Participants were randomized into the AzA foam or vehicle group (1:1 ratio). The study medication was applied in 0.5-g doses twice daily until the end of treatment (EoT) at 12 weeks. Efficacy and safety parameters were evaluated at baseline and at 4, 8, and 12 weeks of treatment, and at a follow-up visit 4 weeks after EoT (week 16).

Results for the coprimary efficacy end points—therapeutic success rate according to IGA and nominal change in ILC—were previously reported.12

Investigator-Reported Secondary Efficacy Outcomes

The secondary efficacy end points were grouped change in erythema rating, grouped change in telangiectasia rating, grouped change in IGA score, therapeutic response rate according to IGA, percentage change in ILC from baseline, and facial skin color rating at EoT.

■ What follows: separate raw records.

use cl_base::{Mem, Text};
use cl_frames::{
    Frame, Frames, MemorySink, MemorySource, Source, StdSink, StdSource, Written, write_frame,
};
use std::alloc::Global;
use std::test::Fail;

/// The answers of four reads of a frame, and how many bytes were taken.
fn told<S: Source>(alloc: Global, source: &mut S) -> Mem<String> {
    let mut frames = Frames::new(alloc)?;
    let mut told = String::new(alloc);
    for _ in 0..4u8 {
        let answer = match frames.read_frame(alloc, source) {
            Frame::Body(text) => String::from_utf8_lossy(alloc, text.bytes())?,
            Frame::End => String::from_str(alloc, "end")?,
            Frame::Bad { offset } => format!(in alloc; "bad {offset}")?,
            Frame::Failed => String::from_str(alloc, "failed")?,
            Frame::Long => String::from_str(alloc, "long")?,
            Frame::Memory => String::from_str(alloc, "memory")?,
        };
        told.push_str(answer.as_str())?;
        told.push_str(", ")?;
    }
    let taken = format!(in alloc; "{}", frames.taken())?;
    told.push_str(taken.as_str())?;
    Ok(told)
}

#[test]
fn frames_of_sessions(rt: HostRuntime) -> Result<(), Fail> {
    let alloc = rt.alloc();
    let none: [u64; 1] = [1000];
    let two = "Content-Length: 5\r\n\r\nhelloContent-Length: 2\r\n\r\n{}";
    for (input, piece, fails, want) in [
        (two, 1, none, "hello, {}, end, end, 49"),
        (two, 3, none, "hello, {}, end, end, 49"),
        ("", 3, none, "end, end, end, end, 0"),
        ("Content-Length: 0\r\n\r\n", 3, none, ", end, end, end, 21"),
        (
            "Content-Length: 00000002\r\n\r\n{}",
            3,
            none,
            "{}, end, end, end, 30",
        ),
        (
            "Content-Length: 5\r\n\r\nhelloContent-Le",
            3,
            none,
            "hello, bad 26, bad 26, bad 26, 36",
        ),
        (
            "Content-Length: 5\r\n\r\nhel",
            3,
            none,
            "bad 0, bad 0, bad 0, bad 0, 24",
        ),
        (
            "Content-Length: 000000005\r\n\r\nhello",
            3,
            none,
            "bad 0, bad 0, bad 0, bad 0, 25",
        ),
        (
            "Content-Length: \r\n\r\n",
            3,
            none,
            "bad 0, bad 0, bad 0, bad 0, 17",
        ),
        (
            "content-length: 5\r\n\r\nhello",
            3,
            none,
            "bad 0, bad 0, bad 0, bad 0, 1",
        ),
        (
            "Content-Length: 67108865\r\n\r\nx",
            3,
            none,
            "bad 0, bad 0, bad 0, bad 0, 24",
        ),
        (
            "Content-Length: 67108864\r\n\r\nx",
            3,
            none,
            "bad 0, bad 0, bad 0, bad 0, 29",
        ),
        (two, 1, [3], "failed, failed, failed, failed, 3"),
        (two, 1, [23], "failed, failed, failed, failed, 23"),
        (two, 1, [26], "hello, failed, failed, failed, 26"),
    ] {
        let source = MemorySource::new(alloc, input.as_bytes(), piece, fails.as_slice());
        let mut source = source?;
        let answers = told(alloc, &mut source)?;
        assert_eq!(rt; answers.as_str(), want, "of {input}");
        let count = input.len().saturating_sub(source.rest().len());
        let end = format!(in alloc; ", {count}")?;
        assert!(rt; want.ends_with(end.as_str()), "what is left of {input}");
    }
    let mut source = StdSource::new(alloc, two.as_bytes())?;
    let answers = told(alloc, &mut source)?;
    assert_eq!(rt; answers.as_str(), "hello, {}, end, end, 49");
    Ok(())
}

#[test]
fn frames_written(rt: HostRuntime) -> Result<(), Fail> {
    let alloc = rt.alloc();
    let text = Text::new(alloc, b"hello".as_slice())?;
    for (fails, want, held) in [
        (9, Written::All, "hello"),
        (1, Written::Failed { taken: 3 }, "hel"),
        (0, Written::Failed { taken: 0 }, ""),
    ] {
        let mut sink = MemorySink::new(alloc, 3, [fails].as_slice())?;
        assert_eq!(rt; write_frame(&mut sink, &text), want);
        assert!(rt; sink.held() == held.as_bytes());
    }
    let mut sink = StdSink::new(Vec::new(alloc));
    assert_eq!(rt; write_frame(&mut sink, &text), Written::All);
    Ok(())
}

Grouped change for all secondary end points was measured as improved, no change, or worsened relative to baseline. For grouped change in erythema and telangiectasia ratings, a participant was considered improved if the rating at the postbaseline visit was lower than the baseline rating, no change if the postbaseline and baseline ratings were identical, and worsened if the postbaseline rating was higher than at baseline. For grouped change in IGA score, a participant was considered improved if a responder showed at least a 1-step improvement postbaseline compared to baseline, no change if postbaseline and baseline ratings were identical, and worsened if the postbaseline rating was higher than at baseline.

For the therapeutic response rate, a participant was considered a treatment responder if the IGA score improved from baseline and resulted in clear, minimal, or mild disease severity at EoT.

Safety

Adverse events also were assessed.

Statistical Analyses

Secondary efficacy and safety end points were assessed for all randomized participants who were dispensed the study medication. Missing data were imputed using last observation carried forward.

For the percentage change in ILC from baseline, therapeutic response rate, and grouped change in erythema rating, confirmatory analyses were conducted in a hierarchical manner (in the order listed), with testing stopped as soon as a null hypothesis of superior treatment effect could not be rejected. Analyses without significance level were exploratory. The Cochran-Mantel-Haenszel van Elteren test stratified by study center was used for grouped change in erythema rating (1-tailed, 2.5%) and IGA score (2-tailed, 5%); Wilcoxon rank sum tests also were performed. Percentage change in ILC from baseline was evaluated using the Student t test and F test of analysis of covariance (1-tailed, 2.5%). Therapeutic response rate was evaluated using the Cochran-Mantel-Haenszel van Elteren test stratified by study center and the Pearson χ2 test. Facial skin color and grouped change in telangiectasia rating were evaluated using the Wilcoxon rank sum test.

Adverse events beginning or worsening after the first dose of the study drug were considered treatment emergent and were coded using the Medical Dictionary for Regulatory Activities (MedDRA) Version 16.1. Statistical analyses were performed using SAS software version 9.2.